A militarização do Governo de forma geral levanta questionamentos e talvez preocupações, porém a agora acintosa troca de especialistas por militares em cargos técnicos do Ministério da Saúde, em plena pandemia, remete à epidemia de meningite da década de 1970, que foi tratada pelo Governo Militar da época por meio de censuras e proibições sobre as informações, deixando a população às escuras a agravando seriamente a situação, conforme nos revelaram as pesquisas e matérias jornalísticas posteriores.

Em nossos tempos atuais a “imprensa livre” faz seu trabalho, denunciando a subnotificação, e buscando meios científicos e epidemiológicos para tentar apresentar números realistas, diante de uma base de dados oficiais desatualizada, desarticulada e esvaziada de possíveis comparações, após a perda de mais de 500 mil dados sobre as mortes no país nos anos anteriores, acontecida justo agora, quando se estava verificando comparativamente o número de óbitos por pneumonia e síndromes agudas respiratórias.

Poderia se afirmar que não há censura acontecendo, visto que a mídia vem denunciando repetidamente os abusos, tramoias e desmandos cotidianos aos quais o país está submetido.

Porém, lembramos do raciocínio erroneamente atribuído a Goebbels, mas cada vez mais atual: “uma mentira contada mil vezes torna-se verdade”. A rede de fake news, e sua disseminação viralizada por robôs, constrói uma narrativa outra, distorcendo ou suprimindo informações, e induzindo a erros. Para aqueles que aderem ao discurso do presidente, a imprensa não é mais fonte confiável.

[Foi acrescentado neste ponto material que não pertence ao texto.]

//! Texts, tags and fields by offsets.
//!
//! A slice has no place in the text that it is a part of. So the place of a text is reckoned from how many bytes of its line are left
//! after it, which a reader tells: a subtraction, and no look at its bytes.

ghost use Rattle.std.specs.Prelude.{◌≡◌, ◌≤◌, ◌+◌, ◌-◌, ◌^◌, ◌<◌, drop, take, length, min, true, Some, IfNone, IfSome};
ghost use Rattle.influxdb_line_protocol.specs.code.Events.{spelled_field, spelled_tag};
ghost use Rattle.influxdb_line_protocol.specs.code.SpelledParts.{spelled_text, spelled_value, spelling_of};
ghost use Rattle.influxdb_line_protocol.specs.format.Lines.{logical_field, logical_tag};
ghost use Rattle.lp_offsets.specs.Numbers.{kind_number};
ghost use Rattle.lp_offsets.specs.Offsets.{IsLineIn, bytes_at, field_at, field_len, part_room, tag_at, tag_len, text_room};
ghost use Rattle.lp_offsets.specs.Rooms.{Grows, Shows, TakesRoom};
ghost use Rattle.lp_events.specs.code.Places.{AreBefore, EndsBefore, ValueEndsBefore};

use crate::enums::Kind;
use influxdb_line_protocol::{Dialect, Spelled, SpelledValue};
use lp_values::spelled::shared;

/// So many bytes from a place on.
#[repr(C)]
#[derive(Clone, Copy)]
pub struct Span {
    /// Where they begin.
    pub at: u32,
    /// How many they are.
    pub len: u32,
}

/// A tag or a field by offsets, in 32 bytes.
#[repr(C)]
#[derive(Clone, Copy)]
pub struct OffsetPart {
    /// Where the key lies.
    pub key: Span,
    /// Where the value of a tag or of a string lies, or the literal of a float.
    pub text: Span,
    /// The value of an integer, in two's complement, or of an unsigned integer, or 1 for `true`; 0 of any other.
    pub number: u64,
    /// The number of a [`Kind`].
    pub kind: u32,
    /// 1 if the key lies in the room, and 0 if it lies in the text.
    pub key_copied: u16,
    /// The same of the text.
    pub text_copied: u16,
}

// Where a text lies, and whether it lies in the room.
#[derive(Clone, Copy)]
pub(crate) struct Placed {
    pub(crate) span: Span,
    pub(crate) copied: u16,
}

/// Whether a text reads as it is spelled: it holds no backslash.
#[inline(always)]
pub fn reads_as_spelled(text: Spelled<'_>) -> bool
    ensures { result ≡ true → spelled_text text.entry ≡ record { bytes = spelling_of text.entry; is_single = true } }
{
    text.is_plain()
}

// No place.
pub(crate) const NOWHERE: Placed = Placed {
    span: Span { at: 0, len: 0 },
    copied: 0,
};

// So many bytes from a place on, if 32 bits hold both numbers.
#[inline(always)]
fn span_of(at: usize, len: usize) -> Option<Span>
    ensures some { IfSome result (λ span. (span.at ≡ at) × (span.len ≡ len) × (at + len < 2 ^ 33)) }
    ensures none { IfNone result (2 ^ 32 ≤ at + len) }
{
    let (Ok(at), Ok(len)) = (u32::try_from(at), u32::try_from(len)) else {
        return None;
    };
    Some(Span { at, len })
}

// A line in a text, and the rules by which it is read.
#[derive(Clone, Copy)]
pub(crate) struct LineIn<'a> {
    pub(crate) rules: Dialect,
    pub(crate) text: &'a [u8],
    pub(crate) line: &'a str,
    // Where the line ends in the text.
    pub(crate) end: usize,
    ghost lies: { IsLineIn text.now line.now end },
}

// A tag or a field in a line: how many bytes of the line are left after its key, and after its value.
#[derive(Clone, Copy)]
pub(crate) struct PartIn<'a> {
    pub(crate) line: LineIn<'a>,
    pub(crate) key_left: usize,
    pub(crate) left: usize,
}

// The place of so many bytes of a line that ends at this place, with so many left after them.
#[inline(always)]
fn place_before(end: usize, left: usize, len: usize) -> Placed
    requires { (left + len ≤ end) × (end < 2 ^ 32) }
    ensures copied { result.copied ≡ 0 }
    ensures at { result.span.at ≡ end - (left + len) }
    ensures len { result.span.len ≡ len }
{
    Placed {
        span: Span {
            at: (end - (left + len)) as u32,
            len: len as u32,
        },
        copied: 0,
    }
}

/// Puts the logical text of a spelling into the room after the bytes in use, if it fits, and says how many are in use with it. It gives a
/// number, since what a call fills as a whole lies in memory, and each text that is told would go there first.
#[cold]
#[inline(never)]
pub fn put_copy(room: &mut [u8], used: usize, spelled: Spelled<'_>) -> usize
    ensures grows { Grows room.old used room.new result }
    ensures counted { result ≡ min (used + length (spelled_text spelled.entry).bytes) (2 ^ 64 - 1) }
    ensures shows { Shows (λ r. take (length (spelled_text spelled.entry).bytes) (drop used r)) room.new result
        (spelled_text spelled.entry).bytes }
    ensures takes { TakesRoom room.new used result (length (spelled_text spelled.entry).bytes) }
{
    let more = spelled.len();
    let all = used.saturating_add(more);
    if room.len() < all {
        return all;
    }
    spelled.put(&mut room[used..]);
    all
}

// Where the bytes of the room lie that come after those in use, and how many are in use with them: more than there are, if 32 bits hold no
// such place.
#[inline(always)]
fn place_copied(room: &[u8], used: usize, all: usize) -> (Placed, usize)
    requires { used ≤ all }
    ensures more { all ≤ result.1 }
    ensures fits { result.1 ≤ length room.now → (result.1 ≡ all) × (result.0.span.at ≡ used) × (result.0.span.len ≡ all - used)
        × (result.0.copied ≡ 1) }
    ensures bound { length room.now < 2 ^ 32 → result.1 ≡ all }
{
    match span_of(used, all - used) {
        Some(span) => (Placed { span, copied: 1 }, all),
        None => (NOWHERE, all.max(room.len() + 1)),
    }
}

// A text with a backslash, if it is one escape: the byte after the backslash.
#[cold]
#[inline(never)]
fn escape_of<'a>(spelled: Spelled<'a>) -> Option<&'a str>
    ensures { IfSome result (λ shown. record { bytes = shown.now; is_single = true } ≡ spelled_text spelled.entry) }
{
    shared(spelled)
}

// Where a text lies after which so many bytes of the line are left: in the line, if it is a part of that, or else in the room, into which
// it is put. If it reads as it is spelled, it begins where as many bytes were left as before it was read, so its place is a subtraction.
#[inline(always)]
pub(crate) fn place_text(
    line: LineIn<'_>,
    left: usize,
    room: &mut [u8],
    used: usize,
    spelled: Spelled<'_>,
) -> (Placed, usize)
    requires { EndsBefore line.line.now (spelled_text spelled) left }
    ensures grows { Grows room.old used room.new result.1 }
    ensures bound { length room.old < 2 ^ 32 → result.1 ≤ used + length (spelled_text spelled.entry).bytes }
    ensures takes { TakesRoom room.new used result.1 (text_room result.0.copied result.0.span) }
    ensures shows { Shows (λ r. bytes_at line.entry.text.now r result.0.copied result.0.span) room.new result.1
        (spelled_text spelled.entry).bytes }
{
    if reads_as_spelled(spelled) {
        return (place_before(line.end, left, spelled.spelled().len()), used);
    }
    if let Some(shown) = escape_of(spelled) {
        return (place_before(line.end, left, shown.len()), used);
    }
    let all = put_copy(room, used, spelled);
    place_copied(room, used, all)
}

// Places the texts of a tag.
#[inline(always)]
pub(crate) fn place_tag(
    part: PartIn<'_>,
    room: &mut [u8],
    used: usize,
    key: Spelled<'_>,
    value: Spelled<'_>,
) -> (OffsetPart, usize)
    requires key { EndsBefore part.line.line.now (spelled_text key) part.key_left }
    requires value { EndsBefore part.line.line.now (spelled_text value) part.left }
    ensures grows { Grows room.old used room.new result.1 }
    ensures bound { length room.old < 2 ^ 32 → result.1 ≤ used + tag_len (spelled_tag (key.entry, value.entry)) }
    ensures takes { TakesRoom room.new used result.1 (part_room result.0) }
    ensures shows { Shows (λ r. tag_at part.entry.line.text.now r result.0) room.new result.1
        (Some (logical_tag (spelled_tag (key.entry, value.entry)))) }
{
    let (key, used) = place_text(part.line, part.key_left, room, used, key);
    let (value, used) = place_text(part.line, part.left, room, used, value);
    (part_of(key, value, Kind::Tag, 0), used)
}

// A part of these texts, of this kind and this number.
#[inline(always)]
fn part_of(key: Placed, text: Placed, kind: Kind, number: u64) -> OffsetPart
    ensures { result ≡ record {
      key = key.span;
      text = text.span;
      number = number;
      kind = kind_number kind;
      key_copied = key.copied;
      text_copied = text.copied;
    } }
{
    OffsetPart {
        key: key.span,
        text: text.span,
        number,
        kind: kind.number(),
        key_copied: key.copied,
        text_copied: text.copied,
    }
}

// Places the literal of a float, with so many bytes of the line left after it.
#[inline(always)]
fn place_literal(line: LineIn<'_>, left: usize, literal: &str) -> Placed
    requires { AreBefore line.line.now literal.now left }
    ensures copied { result.copied ≡ 0 }
    ensures bytes { take result.span.len (drop result.span.at line.entry.text.now) ≡ literal.now }
{
    place_before(line.end, left, literal.len())
}

// Places the texts of a field.
#[inline(always)]
pub(crate) fn place_field(
    part: PartIn<'_>,
    room: &mut [u8],
    used: usize,
    key: Spelled<'_>,
    value: SpelledValue<'_>,
) -> (OffsetPart, usize)
    requires key { EndsBefore part.line.line.now (spelled_text key) part.key_left }
    requires value { ValueEndsBefore part.line.line.now (spelled_value value) part.left }
    ensures grows { Grows room.old used room.new result.1 }
    ensures bound { length room.old < 2 ^ 32 → result.1 ≤ used + field_len (spelled_field (key.entry, value.entry)) }
    ensures takes { TakesRoom room.new used result.1 (part_room result.0) }
    ensures shows { Shows (λ r. field_at part.entry.line.text.now r result.0) room.new result.1
        (Some (logical_field (spelled_field (key.entry, value.entry)))) }
{
    let (key, used) = place_text(part.line, part.key_left, room, used, key);
    match value {
        SpelledValue::I64(integer) => (
            part_of(key, NOWHERE, Kind::Integer, integer.cast_unsigned()),
            used,
        ),
        SpelledValue::U64(unsigned) => (part_of(key, NOWHERE, Kind::Unsigned, unsigned), used),
        SpelledValue::F64(literal) => {
            let literal = place_literal(part.line, part.left, literal.as_str());
            (part_of(key, literal, Kind::Float, 0), used)
        }
        SpelledValue::String(string) => {
            // The quote is left too.
            let left = part.left.wrapping_add(1);
            let (string, used) = place_text(part.line, left, room, used, string);
            (part_of(key, string, Kind::String, 0), used)
        }
        SpelledValue::Boolean(boolean) => (
            part_of(key, NOWHERE, Kind::Boolean, boolean as u64),
            used,
        ),
    }
}
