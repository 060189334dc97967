//! Items of a text by offsets, keys of rows and cuts of streams, over the caller's bytes and rows: for the static libraries `lp_c` and `lp_page`.
//!
//! Nothing here asks for memory, so that it can be compiled where there is no heap.
#![tactic(auto)]

pub mod cuts;
pub mod enums;
pub mod faults;
pub mod offsets;
pub mod pieces;
pub mod placed;
mod placing;
pub mod portions;
pub mod row_keys;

Temos então um cenário de imenso silêncio em meio a uma profusão de palavras: total ausência de sentido?

É fazendo frente a este cenário que convidamos Julián Fuks e Sílvia Nogueira de Carvalho para debaterem conosco, no evento: A Psicanálise e a Cultura em Tempos de Pala vras Banalizadas e Silenciamentos - Como resgatar a potência do desejo para a constr u ção de um futuro possível , no qual teremos a oportunidade de contar com o olhar psicanalítico sobre esta realidade, buscando não apenas compreendê-la, mas especialmente - como nos diz Julián - acrescentar o desejo à interpretação.

Este evento acontecerá em meio virtual, obviamente, mas vemos nesta condição imposta pela pandemia a oportunidade para expandir horizontes, buscar voz em lugares distintos e longínquos, ampliando a rede de ideias e trocas. Desejamos, ao menos, que possamos carregar as tramas desse encontro com a intenção e a esperança enquanto potências de transformação, de construção de parcerias em busca de um futuro possível.

Data: 26/06/2020 às 20:00


Maio/2020



[1] Comissão organizadora do evento.